We have regularly used CD spectra to compare gross structural similarities across recombinantly expressed mutants. We have also used CD to show that there are gross structural changes in specific proteins when they are treated with reactive electrophilic ligands. Other uses of CD include measuring thermal stability of proteins. This technique can also be applied to assessing mutant proteins, which ideally should be similarly stable the wt-protein. Ligand binding can also be measured. In general, ligand binding should stabilize bound proteins, typically with a change in temperature related to the Gibbs free energy of binding-the higher the affinity, the larger the thermal stabilization [
12]. Assays that use fluorescent-dye binding to assess protein stability can give similar information, and are amenable to high-throughput experimentation [
16]. However, CD remains a preferred method if relatively few mutants or conditions are to be investigated.
3.5. Small Angle X-ray Scattering (SAXS)
Applicability: purified protein (ideally free of aggregates, and contaminants)
Main structural aspect investigated: protein aggregation, size, shape, and ligand binding (relatively low resolution)

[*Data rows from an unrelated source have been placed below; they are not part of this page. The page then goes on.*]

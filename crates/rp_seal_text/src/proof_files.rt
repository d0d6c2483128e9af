//! The files of a proof, read and written: act proofs and links.
ghost use Rattle.std.specs.Prelude.{◌≡◌, ◌<◌, ◌≤◌, ◌^◌, ◌++◌, ℕ, List, length, IfOk, IfSome, IsSomeAnd};
ghost use Rattle.rp_seal.specs.Act.{ActEntry, entry_of};
ghost use Rattle.rp_seal_text.specs.ActText.{IsActText};
ghost use Rattle.rp_seal_text.specs.ProofFiles.{ActProofFields, IsActProof, IsLink, LinkFields, act_head, act_proof_fields, act_proof_text, link_fields, link_head, link_text};

use crate::act_proof::ActProof;
use crate::acts::{read_act, write_act};
use crate::fields::{take_number, take_prefix, write_number};
use crate::hashes::{read_proof, write_proof};
use crate::link::Link;
use rp_seal::SealedAct;
use std::alloc::{AllocError, Global};

/// The first line of an act proof, with its line end.
const ACT_PROOF_MARK: &[u8] = b"rpstore act 1\n";

/// The first line of a link, with its line end.
const LINK_MARK: &[u8] = b"rpstore link 1\n";

/// Returns the text of `proof`. [`read_act_proof`] reads it again if `proof` has at most 64 hashes.
///
/// # Errors
///
/// `AllocError` if there is no memory for the text.
pub fn act_proof_text(alloc: Global, proof: &ActProof<'_>) -> Result<Vec<u8>, AllocError>
    ensures text { IfOk result (λ text. text.items ≡ act_proof_text (act_proof_fields proof.now)) }
    // So `read_act_proof` reads the text again.
    ensures valid { IfOk result (λ _. length proof.now.proof.items ≤ 64 → IsActProof (act_proof_fields proof.now)) }
{
    let mut text = Vec::from_slice(alloc, ACT_PROOF_MARK)?;
    write_act(&mut text, &proof.act)?;
    write_number(&mut text, b"size", proof.size)?;
    write_proof(&mut text, proof.proof.as_slice())?;
    Ok(text)
}

/// Returns the act and the number of entries with which the text of an act proof begins, and what follows.
fn take_act_head(text: &[u8]) -> Option<(SealedAct<'_>, u64, &[u8])>
    ensures found { IfSome result (λ p. text.now ≡ act_head (entry_of p.0) p.1 ++ p.2.now) }
    ensures each { (act : ActEntry) (size : ℕ) (rest : List ℕ) → IsActText act → size < 2 ^ 64 → text.now ≡ act_head act size ++ rest
        → IsSomeAnd result (λ p. (entry_of p.0 ≡ act) × (p.1 ≡ size) × (p.2.now ≡ rest)) }
    ensures valid { IfSome result (λ p. IsActText (entry_of p.0) × (p.1 < 2 ^ 64)) }
{
    let after_mark = take_prefix(ACT_PROOF_MARK, text)?;
    let (act, after_act) = read_act(after_mark)?;
    let (size, rest) = take_number(b"size", after_act)?;
    Some((act, size, rest))
}

/// Returns the act proof whose text is `text`; `None` unless `text` is the text of an act proof with at most 64 hashes.
///
/// # Errors
///
/// `AllocError` if there is no memory for the hashes.
pub fn read_act_proof(alloc: Global, text: &[u8]) -> Result<Option<ActProof<'_>>, AllocError>
    ensures found { IfOk result (λ found. IfSome found (λ p. text.now ≡ act_proof_text (act_proof_fields p))) }
    ensures each { (f : ActProofFields) → IsActProof f → text.now ≡ act_proof_text f
        → IfOk result (λ found. IsSomeAnd found (λ p. act_proof_fields p ≡ f)) }
    ensures valid { IfOk result (λ found. IfSome found (λ p. IsActProof (act_proof_fields p))) }
{
    let Some((act, size, rest)) = take_act_head(text) else {
        return Ok(None);
    };
    let Some(proof) = read_proof(alloc, rest)? else {
        return Ok(None);
    };
    Ok(Some(ActProof { act, size, proof }))
}

/// Returns the text of `link`. [`read_link`] reads it again if `link` has at most 64 hashes.
///
/// # Errors
///
/// `AllocError` if there is no memory for the text.
pub fn link_text(alloc: Global, link: &Link) -> Result<Vec<u8>, AllocError>
    ensures text { IfOk result (λ text. text.items ≡ link_text (link_fields link.now)) }
    // So `read_link` reads the text again.
    ensures valid { IfOk result (λ _. length link.now.proof.items ≤ 64 → IsLink (link_fields link.now)) }
{
    let mut text = Vec::from_slice(alloc, LINK_MARK)?;
    write_number(&mut text, b"from", link.from)?;
    write_number(&mut text, b"to", link.to)?;
    write_proof(&mut text, link.proof.as_slice())?;
    Ok(text)
}

/// Returns the two numbers of entries with which the text of a link begins, and what follows.
fn take_link_head(text: &[u8]) -> Option<(u64, u64, &[u8])>
    ensures found { IfSome result (λ p. text.now ≡ link_head p.0 p.1 ++ p.2.now) }
    ensures each { (from to : ℕ) (rest : List ℕ) → from < 2 ^ 64 → to < 2 ^ 64 → text.now ≡ link_head from to ++ rest
        → IsSomeAnd result (λ p. (p.0 ≡ from) × (p.1 ≡ to) × (p.2.now ≡ rest)) }
    ensures valid { IfSome result (λ p. (p.0 < 2 ^ 64) × (p.1 < 2 ^ 64)) }
{
    let after_mark = take_prefix(LINK_MARK, text)?;
    let (from, after_from) = take_number(b"from", after_mark)?;
    let (to, rest) = take_number(b"to", after_from)?;
    Some((from, to, rest))
}

/// Returns the link whose text is `text`; `None` unless `text` is the text of a link with at most 64 hashes.
///
/// # Errors
///
/// `AllocError` if there is no memory for the hashes.
pub fn read_link(alloc: Global, text: &[u8]) -> Result<Option<Link>, AllocError>
    ensures found { IfOk result (λ found. IfSome found (λ l. text.now ≡ link_text (link_fields l))) }
    ensures each { (f : LinkFields) → IsLink f → text.now ≡ link_text f
        → IfOk result (λ found. IsSomeAnd found (λ l. link_fields l ≡ f)) }
    ensures valid { IfOk result (λ found. IfSome found (λ l. IsLink (link_fields l))) }
{
    let Some((from, to, rest)) = take_link_head(text) else {
        return Ok(None);
    };
    let Some(proof) = read_proof(alloc, rest)? else {
        return Ok(None);
    };
    Ok(Some(Link { from, to, proof }))
}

Other notes: no real limit in size
Is it quantitative? can provide kinetics of information on structural changes
SAXS is a solution method that can inform on relatively large structural perturbations/transitions/polydispersity in macromolecules. In many ways it is thus complementary to crystallography and other similar methods that offer more profound structural information. In several instances it has been used in conjunction with those methods. SAXS can provide several parameters that correlate with important physical parameters in solution. These include the radius of gyration,
Rg, which relates to the overall size of the molecule in solution, molecular weight and maximum dimension (
Dmax). These parameters can be compared to those calculated for specific proteins, to understand specific aspects of a protein such as folding and flexibility. Improvements in data collection, and analysis have allowed for several improvements in rapidity of SAXS experiments, and uses available [
17,
18]. Nonetheless, SAXS requires a strong X-ray beam source and is usually performed at a specialist facility using synchrotron sources.